Abortion and Disability: Pro and Anti

NOS Magazine published an anti-choice and a pro-choice piece, back to back, last week. The anti was written by Ivanova Smith and makes this argument:

Even though some in the disability community don’t see this as a modern form of eugenics, I do. Eugenics is advocating for the death of those who are seen as a burden, as weaker or as an inconvenience. I understand there are situations where abortion is necessary evil, like if the mother life is at risk or if she was sexually assaulted However, I don’t feel a person’s life should be a choice because they are seen as a inconvenience or burden. We are human beings. even with the cases above a life was lost and that is sad and should be grieved.

I value my own life and life like me. We all just want to live, like any other human beings. I hope someday people will see this not as partisan issue, but a bipartisan issue that we can all agree on.

The problem here is that Smith mentions eugenics, but doesn’t learn the lesson from it. The history of eugenics is not about providing widespread access to reproductive care to all women, regardless of their race, class, disability, trans or cis … the history of eugenics is about the state asserting control over the bodies of disabled people.
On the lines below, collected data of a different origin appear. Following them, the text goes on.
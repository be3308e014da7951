// What is to be built, in which order, from which files. Guide to Working with Multiple Modules.
use goal_types::{GoalCall, Slot, SourceFile};
use mvn_base::{FileName, Gav};
use mvn_shared::{Bytes, List, Text};

/// A whole build.
#[derive(Drop)]
pub struct Plan {
    /// The modules, each after its upstreams.
    pub modules: List<PlanModule>,
    /// The names that are locked, ascending and distinct.
    pub names: List<Text>,
    /// The repository's files that the build reads or writes, distinct.
    pub files: List<FileName>,
    /// Which of the files were there at the start.
    pub present: List<bool>,
    /// How many workers build it.
    pub workers: u32,
    /// At least the number of events of any run.
    pub events: u64,
}

/// A module of a build. Its numbers are places in the lists of the plan.
#[derive(Drop)]
pub struct PlanModule {
    pub gav: Gav,
    /// The modules that are to be built before it, ascending.
    pub upstream: List<u32>,
    /// The names that are locked for its fetch list, ascending.
    pub batch: List<u32>,
    /// The files that its classpath needs, which are fetched where they are absent.
    pub fetch: List<u32>,
    /// The name that is locked while it is installed.
    pub own_name: u32,
    /// The files that it is installed as, the POM's first.
    pub own: List<OwnFile>,
    /// The bytes of its POM.
    pub pom: Bytes,
    pub goals: List<GoalCall>,
    pub sources: List<SourceFile>,
    /// The entries of its classpaths, in order.
    pub entries: List<Entry>,
    /// The most bytes that its kept outputs may have together.
    pub budget: u64,
    pub installs: bool,
    /// Whether it can't be installed without a main output.
    pub needs_artifact: bool,
}

/// A file that a module is installed as: the output of a slot.
#[derive(Clone, Copy, PartialEq, Eq)]
pub struct OwnFile {
    pub slot: Slot,
    pub file: u32,
}

/// Where the bytes of an entry of a classpath come from.
#[derive(Clone, Copy, PartialEq, Eq)]
pub enum Origin {
    /// The repository.
    File(u32),
    /// An upstream's kept output.
    Module(u32, Slot),
    /// Nowhere: it has no bytes.
    Nothing,
}

/// An entry of a module's classpaths.
#[derive(Drop)]
pub struct Entry {
    pub name: FileName,
    /// Whether it is on the classpath of the main sources.
    pub compile: bool,
    /// Whether it is on that of the program when it runs.
    pub runtime: bool,
    /// Whether it is on that of the tests.
    pub test: bool,
    pub origin: Origin,
}
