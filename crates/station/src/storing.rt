// What happens to a node and its device: a block write, death, and being told of a cut.
ghost use Rattle.std.specs.Prelude.{◌≡◌};
ghost use Rattle.protocol.specs.World.{data_blocks};
ghost use Rattle.protocol.specs.Rules.{told, fallen, kill, recorded};
ghost use Rattle.station.specs.Meaning.{site, store, Leaves, Acts};

use crate::{Seat, Station};
use card::generation::Generation;
use compare::Node;
use device::Device;
use link::Link;
use memory::Memory;
use memory::generations::advanced;
use refusal::Refusal;

// Which block of a device holds which metadata; the data blocks come after them.
pub const GENERATION: usize = 0;

pub const ACTIVITY: usize = 1;

pub const BITMAP: usize = 2;

pub const METADATA: usize = 3;

// How many data blocks a device has.
pub fn data_blocks<D: Device>(device: &D) -> usize
    ensures { result ≡ data_blocks (D.Device.means device.now).disk }
{
    device.count().saturating_sub(METADATA).min(4096)
}

impl<D: Device> Station<D> {
    // Told that the link is cut. A Primary may have to write a new generation first; dying at that, it was never apart.
    pub fn tell(&mut self, node: Node)
        ensures { site D.Device.means self.new ≡ told node (site D.Device.means self.old) }
    {
        if !self.memory.state.is_connected() {
            return;
        }
        if self.memory.goes_on() {
            let generation = advanced(self.memory.generation, node);
            let Ok(()) = self.device.write(GENERATION, &generation.to_block()) else {
                self.memory = Memory::none();
                return;
            };
            self.memory.generation = generation;
        }
        self.memory.part();
    }
}

impl<'a, D: Device, E: Device, L: Link> Seat<'a, D, E, L> {
    pub fn new(
        node: Node,
        me: &'a mut Station<D>,
        peer: &'a mut Station<E>,
        link: &'a mut L,
    ) -> Seat<'a, D, E, L>
        ensures { result ≡ record { node = node; me = me.entry; peer = peer.entry; link = link.entry } }
    {
        Seat {
            node,
            me,
            peer,
            link,
        }
    }

    // The acting node is down: its card is all that is left, the link is cut, and the peer is told.
    pub fn fall(&mut self)
        ensures { Leaves D.Device.means E.Device.means L.Link.means fallen self.old self.new }
    {
        self.me.memory = Memory::none();
        self.link.cut();
        self.peer.tell(self.node.peer());
    }

    pub fn kill(&mut self) -> Result<(), Refusal>
        ensures { Acts D.Device.means E.Device.means L.Link.means kill self.old result self.new }
    {
        if self.me.memory.state.is_down() {
            return Err(Refusal::Down);
        }
        self.fall();
        Ok(())
    }

    // Writes a block of the acting node's device; a write that the device refuses is the node's death.
    #[tactic(auto, unfolding(protocol::specs::Rules::store_answer, protocol::specs::Rules::stored))]
    pub fn store(&mut self, block: usize, bytes: &[u8]) -> Result<(), Refusal>
        ensures { Acts D.Device.means E.Device.means L.Link.means (store block bytes.now) self.old result self.new }
    {
        let Ok(()) = self.me.device.write(block, bytes) else {
            self.fall();
            return Err(Refusal::Died);
        };
        Ok(())
    }

    // A new generation record, on the card and then in memory.
    #[tactic(auto, unfolding(protocol::specs::Rules::recorded))]
    pub fn keep_generation(&mut self, generation: Generation) -> Result<(), Refusal>
        ensures { Acts D.Device.means E.Device.means L.Link.means (λ node. recorded node generation) self.old result self.new }
    {
        self.store(GENERATION, &generation.to_block())?;
        self.me.memory.generation = generation;
        Ok(())
    }
}
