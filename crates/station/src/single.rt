// The calls that concern one node alone.
ghost use Rattle.std.specs.Prelude.{◌≡◌};
ghost use Rattle.protocol.specs.World.{nothing};
ghost use Rattle.protocol.specs.Rules.{power, granted, read_tests, read, collect, status};
ghost use Rattle.memory.specs.Meaning.{meaning};
ghost use Rattle.station.specs.Meaning.{site, Alters};

use crate::Station;
use crate::storing::{METADATA, data_blocks};
use device::Device;
use memory::Memory;
use protocol::{Collected, Status};
use refusal::Refusal;

// The bytes of a block.
const BLOCK: usize = 512;

impl<D: Device> Station<D> {
    // A node that is down, with its card.
    pub fn down(device: D) -> Station<D>
        ensures memory { meaning result.memory ≡ nothing }
        ensures card { result.device ≡ device }
    {
        Station {
            memory: Memory::none(),
            device,
        }
    }

    pub fn power(&mut self, supply: u32) -> Result<(), Refusal>
        ensures { Alters D.Device.means (power supply) self.old result self.new }
    {
        self.device.set_supply(supply)?;
        Ok(())
    }

    // Those of a write begin with the same tests. They stand one by one: a table would work all of them out before the first is looked at.
    pub fn may_read(&self, block: usize, size: usize) -> Result<(), Refusal>
        ensures { result ≡ granted (read_tests block size (site D.Device.means self.now)) }
    {
        if size != BLOCK {
            return Err(Refusal::Measure);
        }
        if block >= data_blocks(&self.device) {
            return Err(Refusal::Block);
        }
        if self.memory.state.is_down() {
            return Err(Refusal::Down);
        }
        if !self.memory.role.is_primary() {
            return Err(Refusal::Role);
        }
        Ok(())
    }

    #[tactic(auto, unfolding(device::specs::Disk::read_answer))]
    pub fn read(&self, block: usize, buffer: &mut [u8]) -> Result<(), Refusal>
        ensures answer { result ≡ (read block buffer.old (site D.Device.means self.now)).0 }
        ensures bytes { buffer.new ≡ (read block buffer.old (site D.Device.means self.now)).1 }
    {
        self.may_read(block, buffer.len())?;
        self.device.read(block + METADATA, buffer)?;
        Ok(())
    }

    pub fn collect(&mut self) -> Result<Collected, Refusal>
        ensures { Alters D.Device.means collect self.old result self.new }
    {
        if self.memory.state.is_down() {
            return Err(Refusal::Down);
        }
        let oldest = self.memory.records.oldest().ok_or(Refusal::Nothing)?;
        if oldest.standing.is_waiting() {
            return Err(Refusal::Waiting);
        }
        self.memory.free_oldest();
        Ok(Collected::from(oldest))
    }

    pub fn status(&self) -> Status
        ensures { result ≡ status (meaning self.now.memory) }
    {
        Status {
            state: self.memory.state,
            role: self.memory.role,
        }
    }
}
Arguments for the coercive power of the state over reproductive access have never, and will never, work out well for disabled people. It is possible to assert the value of diverse human life without arguing for state coercion of women. It is, in fact, necessary to do so.

Fortunately, Shain Neumeier published a response that more than explains the problems with Smith’s argument. My emphasis:

The hardest thing about the current framing of the abortion debate for disability justice advocates is that it forces us to choose between two of our core convictions: Inherent human worth and bodily autonomy. As a disabled person, an asexual non-binary person who was assigned female at birth, and an activist, I hate the ideas and circumstances that have put these principles in opposition to each other. Still, the choice is easy for me to make. My nearly absolute belief in bodily autonomy means nothing if I’d support forcing a person to remain pregnant and give birth against their will for any reason because of my own opposition to eugenics.

My opposition to eugenics comes as much from the coercion and violence with which it’s been carried out as from the underlying belief that disabled lives aren’t living. Legal or other limits on disability-selective abortion cannot and will not meaningfully address underlying systemic problems such as poverty and structural ableism in healthcare, education and employment that have perpetuated that belief and in doing so pitted disability and reproductive justice against each other in the first place. Their only purpose and effect will be to serve as a first step toward greater and more general restrictions on abortion and other forms of reproductive freedom.

A near-absolute committment to bodily autonomy  is, Neumeier argues, essential to the disability rights movement. Forcing women to give birth will be a wedge used to erode disability rights, not the salvation of disabled people.